| EXERCISE DIRECTIONS |
Set out exactly every line of the entries below, starting at the line that holds "use crate::entry::folder_path;" and stopping after the line that holds "fn add_number(numbers: &mut".

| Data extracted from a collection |
// Refusal 6: the smallest row with a wrong pointer.
#![tactic(auto)]

ghost use Rattle.std.specs.Prelude.{◌≡◌, true, not, ◌&&◌, None, List, ℕ, ltb};
ghost use Rattle.program.specs.Test.{least};
ghost use Rattle.program.specs.Each.{collect, elem};
ghost use Rattle.program.specs.Program.{pointers};
ghost use Rattle.format.specs.Structure.{pointer_fault};
ghost use Rattle.store.specs.Rows.{store_program};
ghost use Rattle.seen.specs.Seen.{Marks};
ghost use Rattle.pointers.specs.Strays.{stray, strays};

use row_numbers::pointers_of;
use seen::{NUMBERS, see_few};
use stored_rows::row_at;

// Whether row r may not point at row t: it is absent or not greater.
fn is_stray(rows: u8, r: u8, t: u8) -> bool
    ensures { result ≡ stray rows r t }
{
    t <= r || rows <= t
}

// Whether row r may not point at one of these rows.
#[tactic(auto, using(crate::proofs::Faults::strays_none, crate::proofs::Faults::strays_more))]
fn has_stray(rows: u8, r: u8, targets: &[u8]) -> bool
    ensures { result ≡ strays rows r targets.now }
{
    let mut stray = false;
    for &t in targets {
        stray |= is_stray(rows, r, t);
    }
    stray
}

// The rows that the first rows point at.
#[tactic(auto, using(seen::proofs::Smallest::marks_first, seen::proofs::Smallest::marks_row))]
fn pointed(store: &[u8], rows: u8) -> [u8; NUMBERS]
    ensures { Marks (collect pointers (store_program rows store.now)) result }
{
    let mut marks = [0; NUMBERS];
    for r in 0..rows {
        see_few(&mut marks, pointers_of(row_at(store, r)).numbers());
    }
    marks
}

// Whether row r, which is not row 0, is not among the rows that are pointed at.
fn is_lost(marks: &[u8; NUMBERS], r: u8) -> bool
    ensures { (xs : List ℕ) → Marks xs marks.now → result ≡ (ltb 0 r && not (elem r xs)) }
{
    r != 0 && marks[r as usize] == 0
}

// Whether each row points only at later rows that are there, none of them twice, and each but row 0 is pointed at from an earlier row.
#[tactic(auto, using(seen::proofs::Smallest::marks_first, seen::proofs::Smallest::marks_row, seen::proofs::Smallest::no_row, crate::proofs::Faults::row_in_order))]
fn in_order(store: &[u8], rows: u8) -> bool
    ensures { result ≡ true → least rows (pointer_fault (store_program rows store.now)) ≡ None }
{
    let mut marks = [0; NUMBERS];
    for r in 0..rows {
        let lost = is_lost(&marks, r);
        let few = pointers_of(row_at(store, r));
        let targets = few.numbers();
        let again = see_few(&mut marks, targets);
        if again | has_stray(rows, r, targets) | lost {
            return false;
        }
    }
    true
}

// The smallest row with a pointer to a row that is absent, not greater or pointed at earlier, or that no row points at.
#[tactic(auto, using(seen::proofs::Smallest::marks_first, seen::proofs::Smallest::marks_row, seen::proofs::Smallest::first_row, seen::proofs::Smallest::no_row, crate::proofs::Faults::row_amiss, crate::proofs::Faults::pointer_row))]
fn first_wrong(store: &[u8], rows: u8) -> Option<u8>
    ensures { result ≡ least rows (pointer_fault (store_program rows store.now)) }
{
    let all = pointed(store, rows);
    let mut marks = [0; NUMBERS];
    for r in 0..rows {
        let few = pointers_of(row_at(store, r));
        let targets = few.numbers();
        let again = see_few(&mut marks, targets);
        if again | has_stray(rows, r, targets) | is_lost(&all, r) {
            return Some(r);
        }
    }
    None
}

// The same, by one look at each row where all are in order.
pub fn pointer_fault(store: &[u8], rows: u8) -> Option<u8>
    ensures { result ≡ least rows (pointer_fault (store_program rows store.now)) }
{
    if in_order(store, rows) {
        return None;
    }
    first_wrong(store, rows)
}
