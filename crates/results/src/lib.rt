// The result rows of a program in a store: for each row, the result row that is reached from it by rests.
#![tactic(auto)]

ghost use Rattle.std.specs.Prelude.{true, ◌≡◌, ◌+◌, ◌<◌, ◌≤◌, length};
ghost use Rattle.program.specs.Program.{Program, result_row};
ghost use Rattle.format.specs.Limits.{row_limit};
ghost use Rattle.store.specs.Rows.{store_program};
ghost use Rattle.results.specs.Results.{rest_rises, Rising, ResultsFrom, ResultRows};

use forms::row_in;
use program::Row;
use store::Store;

// The result row that is reached from row t, rest by rest.
#[tactic(auto, using(crate::proofs::Following::result_none, crate::proofs::Following::result_end, crate::proofs::Following::follow_step, crate::proofs::Following::result_steps))]
fn follow(store: &[u8], rows: u8, t: u8) -> u8
    ensures { result ≡ result_row (store_program rows store.now) t }
{
    let mut r = t;
    for _ in 0..rows {
        let Row::Bind(b) = row_in(store, rows, r) else {
            return r;
        };
        r = b.rest;
    }
    r
}

// Whether the rest of row r, where it has one, is a greater row that is there.
#[tactic(auto, using(store::proofs::Laws::program_length), unfolding(crate::specs::Results::rest_rises, program::specs::Program::bind_at, program::specs::Program::bind_of, program::specs::Maybe::when))]
fn rest_rises(store: &[u8], rows: u8, r: u8) -> bool
    ensures { result ≡ rest_rises (store_program rows store.now) r }
{
    let Row::Bind(b) = row_in(store, rows, r) else {
        return true;
    };
    r < b.rest && b.rest < rows
}

// Whether all rests rise.
fn rests_rise(store: &[u8], rows: u8) -> bool
    ensures { result ≡ true → Rising (store_program rows store.now) rows }
{
    (0..rows).all(|r| rest_rises(store, rows, r))
}

// The result row of row t, told by those of the greater rows, where all rests rise.
#[tactic(auto, using(crate::proofs::Following::result_self, crate::proofs::Following::rest_told))]
fn from_rest(store: &[u8], rows: u8, results: &[u8], t: u8) -> u8
    requires t_lt_rows { t < rows }
    requires rising { Rising (store_program rows store.now) rows }
    requires results_from { ResultsFrom (store_program rows store.now) (t + 1) rows results.now }
    ensures { result ≡ result_row (store_program rows store.now) t }
{
    let Row::Bind(b) = row_in(store, rows, t) else {
        return t;
    };
    read_text::byte_at(results, b.rest as usize)
}

// The result row of row t: told by those of the greater rows if all rests rise, else rest by rest.
fn result_at(store: &[u8], rows: u8, rising: bool, results: &[u8], t: u8) -> u8
    requires t_lt_rows { t < rows }
    requires rising { rising ≡ true → Rising (store_program rows store.now) rows }
    requires results_from { ResultsFrom (store_program rows store.now) (t + 1) rows results.now }
    ensures { result ≡ result_row (store_program rows store.now) t }
{
    if rising {
        return from_rest(store, rows, results, t);
    }
    follow(store, rows, t)
}

// The result rows of all rows. In a program whose rests rise, as they do in a sound store, each is found in one step.
pub fn result_rows(store: &[u8], rows: u8) -> [u8; Store::ROWS]
    requires { rows ≤ row_limit }
    ensures { ResultRows (store_program rows store.now) rows result }
{
    let rising = rests_rise(store, rows);
    let mut results = [0u8; Store::ROWS];
    for t in (0..rows).rev() {
        results[t as usize] = result_at(store, rows, rising, &results, t);
    }
    results
}

// The result row of row t, told by those of all rows; a row that is not there is its own.
#[tactic(auto, using(crate::proofs::Following::result_past))]
pub fn result_of(rows: u8, results: &[u8], t: u8) -> u8
    ensures { (p : Program) → length p ≡ rows → ResultRows p rows results.now → result ≡ result_row p t }
{
    if rows <= t {
        return t;
    }
    read_text::byte_at(results, t as usize)
}
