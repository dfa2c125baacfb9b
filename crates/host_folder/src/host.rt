//! The host over a folder.
ghost use Rattle.std.specs.Prelude.{◌≡◌, ◌++◌, [], codes, IfOk};
ghost use Rattle.host_trait.specs.Host.{HasCause};
ghost use Rattle.host_folder.specs.Folder.{silent_state, silent_is_host};

use crate::fault::Fault;
use crate::folders::Folders;
use crate::listing::{list_leaves, list_tops};
use crate::service::Service;
use crate::stage::{Stage, move_leaf, write_leaf};
use host_files::{PlaceKind, Syncing, Watched, append_bytes, fault_of, foreign, read_leaf};
use host_trait::{Act, HostFault, Leaf, Manager, States, Tree, definitions_path};
use std::alloc::{AllocError, Global};
use std::cell::Cell;
use std::rt::Files;
use std::{fs, io};
use switch_names::{Listed, Path, Text, UnitName};

/// A host over a folder of the file system. It tells nothing of its world.
///
/// A node or a manager's state that can't be read, a name that is none of a path or isn't UTF-8, a symbolic link or a
/// special file below the tree or at the manager's file, and whatever the file system refuses, is a fault that is
/// counted. So is a folder of the tree on another file system than the tree's own, by the call that first looks at it:
/// the stage can't be moved there (rename(2), `EXDEV`). Folders in which nothing is put may be on others,
/// as the store. Where the same file system is mounted once more below the tree, the move itself is the fault.
pub struct FolderHost<R: Files + AllocGlobal + Clone + Drop> {
    rt: R,
    tree: Folders,
    stage: Stage,
    service: Service,
    faults: u64,
    place: Cell<Option<String>>,
    last_fault: Option<Fault>,
}

/// One call: a derived drop is proved anew in each function that lets one go.
impl<R: Files + AllocGlobal + Clone + Drop> Drop for FolderHost<R> {
    fn drop(self) {
        let FolderHost {
            rt: _,
            tree: _,
            stage: _,
            service: _,
            faults: _,
            place: _,
            last_fault: _,
        } = self;
    }
}

/// The leaf at a path.
fn leaf_at<R: Files>(
    rt: &R,
    alloc: Global,
    tree: &mut Folders,
    at: &Path,
) -> io::Result<Option<Leaf>> {
    let place = tree.place(alloc, at)?;
    match tree.find(rt, alloc, place.as_str())? {
        PlaceKind::File(len) => Ok(Some(read_leaf(rt, alloc, place.as_str(), len)?)),
        _ => Ok(None),
    }
}

/// Removes the leaf at a path.
fn remove_at<R: Files>(rt: &R, alloc: Global, tree: &mut Folders, at: &Path) -> io::Result<()> {
    let place = tree.place(alloc, at)?;
    match tree.find(rt, alloc, place.as_str())? {
        PlaceKind::File(_) => {
            tree.look_again(rt, alloc, place.as_str())?;
            fs::remove_file(rt, place.as_str())
        }
        _ => Ok(()),
    }
}

/// Appends bytes to the file at a path, which is there.
fn append_at<R: Files>(
    rt: &R,
    alloc: Global,
    tree: &mut Folders,
    at: &Path,
    bytes: &[u8],
) -> io::Result<()> {
    let place = tree.place(alloc, at)?;
    let PlaceKind::File(_) = tree.find(rt, alloc, place.as_str())? else {
        return Err(foreign("no file"));
    };
    tree.look_again(rt, alloc, place.as_str())?;
    append_bytes(rt, place.as_str(), bytes, tree.syncing())
}

/// Loads the definitions to which the link at their place leads.
fn load<R: Files>(
    rt: &R,
    alloc: Global,
    tree: &mut Folders,
    service: &mut Service,
) -> io::Result<()> {
    let at = definitions_path(alloc)?;
    let leaf = leaf_at(rt, alloc, tree, &at)?;
    service.load(rt, alloc, tree, leaf.as_ref())
}

impl<R: Files + AllocGlobal + Clone + Drop> FolderHost<R> {
    /// A host over this root folder, which need not exist yet. No file call is made.
    pub fn open(rt: &R, root: &str) -> Result<FolderHost<R>, AllocError>
        ensures faults { IfOk result (λ host. host.faults ≡ 0) }
        ensures root { IfOk result (λ host. host.tree.root ≡ root.now) }
        ensures tree { IfOk result (λ host. host.tree.tree ≡ root.now ++ codes "/tree") }
        ensures manager { IfOk result (λ host. host.service.file.place ≡ root.now ++ codes "/manager") }
    {
        Ok(FolderHost {
            rt: rt.clone()?,
            tree: Folders::new(rt.alloc(), root)?,
            stage: Stage::Unseen,
            service: Service::new(rt.alloc(), root)?,
            faults: 0,
            place: Cell::new(Some(String::new(rt.alloc()))),
            last_fault: None,
        })
    }

    /// Says whether files and folders are synced from here on. They are while nothing else was said.
    pub fn set_syncing(&mut self, syncing: Syncing)
        ensures { self.new.faults ≡ self.old.faults }
    {
        self.tree.set_syncing(syncing);
    }

    /// How many calls have failed, as far as a `u64` counts.
    pub fn faults(&self) -> u64
        ensures { result ≡ self.now.faults }
    {
        self.faults
    }

    /// The line that names the place and the cause of the last call that has failed.
    pub fn last_fault(&self, alloc: Global) -> Result<Option<Text>, AllocError> {
        match &self.last_fault {
            Some(fault) => Ok(Some(self.tree.line_of(alloc, fault)?)),
            None => Ok(None),
        }
    }

    /// Keeps an error as the last fault, with the place of the last call on files.
    fn keep(&mut self, error: io::Error)
        ensures { self.new.faults ≡ self.old.faults }
    {
        let place = self.place.replace(Some(String::new(self.rt.alloc())));
        self.last_fault = Some(Fault::new(error, place));
    }

    /// The answer of a call, counted where it is a fault of the device.
    fn counted<T: Drop>(&mut self, answer: io::Result<T>) -> Result<T, HostFault>
        ensures { HasCause (silent_state self.old.faults) (silent_state self.new.faults) result }
    {
        match answer {
            Ok(given) => Ok(given),
            Err(error) => {
                let fault = fault_of(&error);
                if fault == HostFault::Device {
                    self.faults = self.faults.saturating_add(1);
                    self.keep(error);
                }
                Err(fault)
            }
        }
    }
}

#[tactic(auto, using(crate::proofs::Silence::silence))]
impl<R: Files + AllocGlobal + Clone + Drop> Tree for FolderHost<R> {
    ghost host = { λ host. silent_state host.faults };

    ghost waiting = { λ host. [] };

    fn read(&mut self, alloc: Global, at: &Path) -> Result<Option<Leaf>, HostFault> {
        let answer = leaf_at(
            &Watched::new(&self.rt, &self.place),
            alloc,
            &mut self.tree,
            at,
        );
        self.counted(answer)
    }

    fn list(&mut self, alloc: Global, under: &Path) -> Result<Listed<Path>, HostFault> {
        let answer = list_leaves(
            &Watched::new(&self.rt, &self.place),
            alloc,
            &mut self.tree,
            under,
        );
        self.counted(answer)
    }

    fn tops(&mut self, alloc: Global) -> Result<Listed<Path>, HostFault> {
        let answer = list_tops(&Watched::new(&self.rt, &self.place), alloc, &mut self.tree);
        self.counted(answer)
    }

    fn sync(&mut self, alloc: Global) -> Result<(), HostFault> {
        let answer = self.tree.sync(&Watched::new(&self.rt, &self.place), alloc);
        self.counted(answer)
    }

    fn write_stage(&mut self, alloc: Global, leaf: &Leaf) -> Result<(), HostFault> {
        let answer = write_leaf(
            &Watched::new(&self.rt, &self.place),
            alloc,
            &mut self.tree,
            &mut self.stage,
            leaf,
        );
        self.counted(answer)
    }

    fn rename_stage(&mut self, alloc: Global, to: &Path) -> Result<(), HostFault> {
        let answer = move_leaf(
            &Watched::new(&self.rt, &self.place),
            alloc,
            &mut self.tree,
            &mut self.stage,
            to,
        );
        self.counted(answer)
    }

    fn remove(&mut self, alloc: Global, at: &Path) -> Result<(), HostFault> {
        let answer = remove_at(
            &Watched::new(&self.rt, &self.place),
            alloc,
            &mut self.tree,
            at,
        );
        self.counted(answer)
    }

    fn append(&mut self, alloc: Global, at: &Path, bytes: &[u8]) -> Result<(), HostFault> {
        let answer = append_at(
            &Watched::new(&self.rt, &self.place),
            alloc,
            &mut self.tree,
            at,
            bytes,
        );
        self.counted(answer)
    }

    ghost is_host = { λ host. silent_is_host host.faults };
}

#[tactic(auto, using(crate::proofs::Silence::silence))]
impl<R: Files + AllocGlobal + Clone + Drop> Manager for FolderHost<R> {
    fn units(&mut self, alloc: Global) -> Result<States, HostFault> {
        let answer = self
            .service
            .units(&Watched::new(&self.rt, &self.place), alloc, &self.tree);
        self.counted(answer)
    }

    fn loaded(&mut self, alloc: Global) -> Result<Text, HostFault> {
        let answer = self
            .service
            .loaded(&Watched::new(&self.rt, &self.place), alloc, &self.tree);
        self.counted(answer)
    }

    fn stop(&mut self, alloc: Global, unit: &UnitName) -> Result<(), HostFault> {
        let answer = self.service.perform(
            &Watched::new(&self.rt, &self.place),
            alloc,
            &mut self.tree,
            Act::Stop,
            unit,
        );
        self.counted(answer)
    }

    fn start(&mut self, alloc: Global, unit: &UnitName) -> Result<(), HostFault> {
        let answer = self.service.perform(
            &Watched::new(&self.rt, &self.place),
            alloc,
            &mut self.tree,
            Act::Start,
            unit,
        );
        self.counted(answer)
    }

    fn restart(&mut self, alloc: Global, unit: &UnitName) -> Result<(), HostFault> {
        let answer = self.service.perform(
            &Watched::new(&self.rt, &self.place),
            alloc,
            &mut self.tree,
            Act::Restart,
            unit,
        );
        self.counted(answer)
    }

    fn reload(&mut self, alloc: Global, unit: &UnitName) -> Result<(), HostFault> {
        let answer = self.service.perform(
            &Watched::new(&self.rt, &self.place),
            alloc,
            &mut self.tree,
            Act::Reload,
            unit,
        );
        self.counted(answer)
    }

    fn daemon_reload(&mut self, alloc: Global) -> Result<(), HostFault> {
        let answer = load(
            &Watched::new(&self.rt, &self.place),
            alloc,
            &mut self.tree,
            &mut self.service,
        );
        self.counted(answer)
    }
}
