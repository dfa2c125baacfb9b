//! The stage, at which a leaf is written before it takes its place.
use crate::folders::{Folders, Missing};
use host_files::{PlaceKind, foreign, look, write_new};
use host_trait::{Leaf, stage_path};
use node_text::write_node;
use std::alloc::Global;
use std::rt::Files;
use std::{fs, io};
use switch_names::{Path, Text};

/// What is known of the stage.
#[derive(Clone, Copy)]
pub enum Stage {
    /// Nothing yet.
    Unseen,
    /// No file stands there.
    Empty,
    /// A leaf was written there.
    Written,
}

/// The place of the stage.
fn stage_place(alloc: Global, tree: &Folders) -> io::Result<Text> {
    let at = stage_path(alloc)?;
    tree.place(alloc, &at)
}

/// Takes away what stands where a new file is to be written.
fn take_away<R: Files + AllocGlobal + Clone + Drop>(
    rt: &R,
    alloc: Global,
    tree: &mut Folders,
    place: &str,
) -> io::Result<()> {
    match look(rt, place)? {
        PlaceKind::Nothing => Ok(()),
        PlaceKind::File(_) => {
            tree.look_again(rt, alloc, place)?;
            fs::remove_file(rt, place)
        }
        PlaceKind::Folder(_) => tree.clear(rt, alloc, place),
    }
}

/// Leads to where a new file is to be written, where nothing stands then.
fn make_room<R: Files + AllocGlobal + Clone + Drop>(
    rt: &R,
    alloc: Global,
    tree: &mut Folders,
    stage: Stage,
    place: &str,
) -> io::Result<()> {
    tree.lead_to(rt, alloc, place, Missing::IsMade)?;
    match stage {
        Stage::Empty => Ok(()),
        Stage::Unseen | Stage::Written => take_away(rt, alloc, tree, place),
    }
}

/// Writes a text at the stage's place, as a new file.
fn write_at<R: Files + AllocGlobal + Clone + Drop>(
    rt: &R,
    alloc: Global,
    tree: &mut Folders,
    stage: &mut Stage,
    place: &str,
    text: &[u8],
) -> io::Result<()> {
    make_room(rt, alloc, tree, *stage, place)?;
    *stage = Stage::Unseen;
    tree.look_again(rt, alloc, place)?;
    write_new(rt, place, text, tree.syncing())?;
    *stage = Stage::Written;
    Ok(())
}

/// Writes a leaf at the stage, as a new file.
pub fn write_leaf<R: Files + AllocGlobal + Clone + Drop>(
    rt: &R,
    alloc: Global,
    tree: &mut Folders,
    stage: &mut Stage,
    leaf: &Leaf,
) -> io::Result<()> {
    let text = write_node(alloc, leaf)?;
    let place = stage_place(alloc, tree)?;
    write_at(rt, alloc, tree, stage, place.as_str(), text.as_slice())
}

/// Whether a regular file stands at the stage, in folders that are no links.
fn is_staged<R: Files>(
    rt: &R,
    alloc: Global,
    tree: &mut Folders,
    stage: Stage,
    place: &str,
) -> io::Result<bool> {
    if !tree.lead_to(rt, alloc, place, Missing::Stays)? {
        return Ok(false);
    }
    match stage {
        Stage::Written => Ok(true),
        _ => Ok(matches!(look(rt, place)?, PlaceKind::File(_))),
    }
}

/// Leads to the place of a file that is moved there, and takes away a folder that stands there.
fn make_way<R: Files + AllocGlobal + Clone + Drop>(
    rt: &R,
    alloc: Global,
    tree: &mut Folders,
    place: &str,
) -> io::Result<()> {
    tree.lead_to(rt, alloc, place, Missing::IsMade)?;
    match look(rt, place)? {
        PlaceKind::Folder(_) => tree.clear(rt, alloc, place),
        _ => Ok(()),
    }
}

/// Moves the stage's file from its place to another in one step.
fn move_file<R: Files + AllocGlobal + Clone + Drop>(
    rt: &R,
    alloc: Global,
    tree: &mut Folders,
    stage: &mut Stage,
    from: &str,
    place: &str,
) -> io::Result<()> {
    if !is_staged(rt, alloc, tree, *stage, from)? {
        return Err(foreign("no file"));
    }
    make_way(rt, alloc, tree, place)?;
    *stage = Stage::Unseen;
    tree.look_again(rt, alloc, from)?;
    tree.look_again(rt, alloc, place)?;
    fs::rename(rt, from, place)?;
    *stage = Stage::Empty;
    Ok(())
}

/// Moves the stage's file to a path in one step.
pub fn move_leaf<R: Files + AllocGlobal + Clone + Drop>(
    rt: &R,
    alloc: Global,
    tree: &mut Folders,
    stage: &mut Stage,
    to: &Path,
) -> io::Result<()> {
    let from = stage_place(alloc, tree)?;
    let place = tree.place(alloc, to)?;
    move_file(rt, alloc, tree, stage, from.as_str(), place.as_str())
}
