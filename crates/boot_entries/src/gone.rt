//! The entries that go.
ghost use Rattle.std.specs.Prelude.{◌≡◌, ◌||◌, ◌&&◌, ◌==◌, ◌++◌, ◌∷◌, [], ℕ, IfOk, OnOk, filter, is_some};
ghost use Rattle.std.specs.BTreeSet.{contains};
ghost use Rattle.std.specs.Ordering.{nat_cmp};
ghost use Rattle.host_trait.specs.Host.{Told};
ghost use Rattle.host_trait.specs.Reading.{IsReading};
ghost use Rattle.boot_entries.specs.Texts.{gone_of, has_target, is_gone_by};

use crate::entry::folder_path;
use crate::number::number_of_entry;
use generations::Gen;
use host_trait::{HostFault, Tree};
use std::alloc::{AllocError, Global};
use std::collections::BTreeSet;
use switch_names::{Listed, Path};

/// Adds the number of a generation that names a system.
fn add_number(numbers: &mut BTreeSet<u32>, generation: &Gen) -> Result<(), AllocError>
    ensures { OnOk result ((n : ℕ) → contains nat_cmp numbers.new n ≡ (contains nat_cmp numbers.old n || (generation.now.number == n && is_some generation.now.target))) }
{
    if generation.target.is_some() {
        numbers.insert(generation.number)?;
    }
    Ok(())
}

/// The numbers of the generations that name a system.
fn targeted(alloc: Global, list: &[Gen]) -> Result<BTreeSet<u32>, AllocError>
    ensures { IfOk result (λ numbers. (n : ℕ) → contains nat_cmp numbers n ≡ has_target list.now n) }
{
    let mut numbers = BTreeSet::new(alloc);
    for generation in list {
        add_number(&mut numbers, generation)?;
    }
    Ok(numbers)
}

/// Whether a path is an entry whose number isn't among these.
fn is_gone(alloc: Global, path: &Path, numbers: &BTreeSet<u32>) -> Result<bool, AllocError>
    ensures { IfOk result (λ is. is ≡ is_gone_by (contains nat_cmp numbers.now) path.now) }
{
    let Some(number) = number_of_entry(alloc, path.as_str())? else {
        return Ok(false);
    };
    Ok(!numbers.contains(&number))
}

/// Adds a path, where it is an entry whose number isn't among these.
fn add_gone(
    alloc: Global,
    gone: &mut Listed<Path>,
    path: &Path,
    numbers: &BTreeSet<u32>,
) -> Result<(), AllocError>
    ensures { OnOk result (gone.new ≡ gone.old ++ filter (is_gone_by (contains nat_cmp numbers.now)) (path.now ∷ [])) }
{
    if is_gone(alloc, path, numbers)? {
        gone.push(path.copy(alloc)?)?;
    }
    Ok(())
}

/// Those of these paths that are entries whose numbers aren't among these.
fn gone_among(
    alloc: Global,
    paths: &[Path],
    numbers: &BTreeSet<u32>,
) -> Result<Listed<Path>, AllocError>
    ensures { IfOk result (λ gone. gone ≡ filter (is_gone_by (contains nat_cmp numbers.now)) paths.now) }
{
    let mut gone = Listed::new(alloc);
    for path in paths {
        add_gone(alloc, &mut gone, path, numbers)?;
    }
    Ok(gone)
}

/// The entries that stand and whose number no generation with a target has, in byte order.
pub fn read_gone<T: Tree>(
    alloc: Global,
    host: &mut T,
    list: &[Gen],
) -> Result<Listed<Path>, HostFault>
    ensures gone { IfOk result (λ gone. Told (T.host host.old) (λ w. gone ≡ gone_of w.leaves list.now)) }
    ensures reads { IsReading (T.host host.old) (T.host host.new) result }
{
    let numbers = targeted(alloc, list)?;
    let folder = folder_path(alloc)?;
    let paths = host.list(alloc, &folder)?;
    let gone = gone_among(alloc, paths.as_slice(), &numbers)?;
    Ok(gone)
}
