//! Makes the boot menu of the generations of the system profile.
#![tactic(auto)]

mod applying;
mod boot_default;
mod boot_texts;
mod entry;
mod gone;
mod laws;
mod menu_places;
mod number;
mod planning;
mod sources;

pub use applying::apply;
pub use boot_default::{BootDefaultPlan, add_menu_places, make_boot_default, plan_boot_default};
pub use boot_texts::{BootFile, BootTexts};
pub use entry::version_path;
pub use laws::{
    boot_entries_are_a_part, boot_entries_come_to_their_end, boot_menus_stand, boot_plans_stay,
    making_a_boot_default_is_a_part,
};
pub use menu_places::add_places_of;
pub use planning::{texts, texts_noted};
pub use sources::taken;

| RESPONSE BOX |
use crate::entry::folder_path;
use crate::number::number_of_entry;
use generations::Gen;
use host_trait::{HostFault, Tree};
use std::alloc::{AllocError, Global};
use std::collections::BTreeSet;
use switch_names::{Listed, Path};

/// Adds the number of a generation that names a system.
fn add_number(numbers: &mut BTreeSet<u32>, generation: &Gen) -> Result<(), AllocError>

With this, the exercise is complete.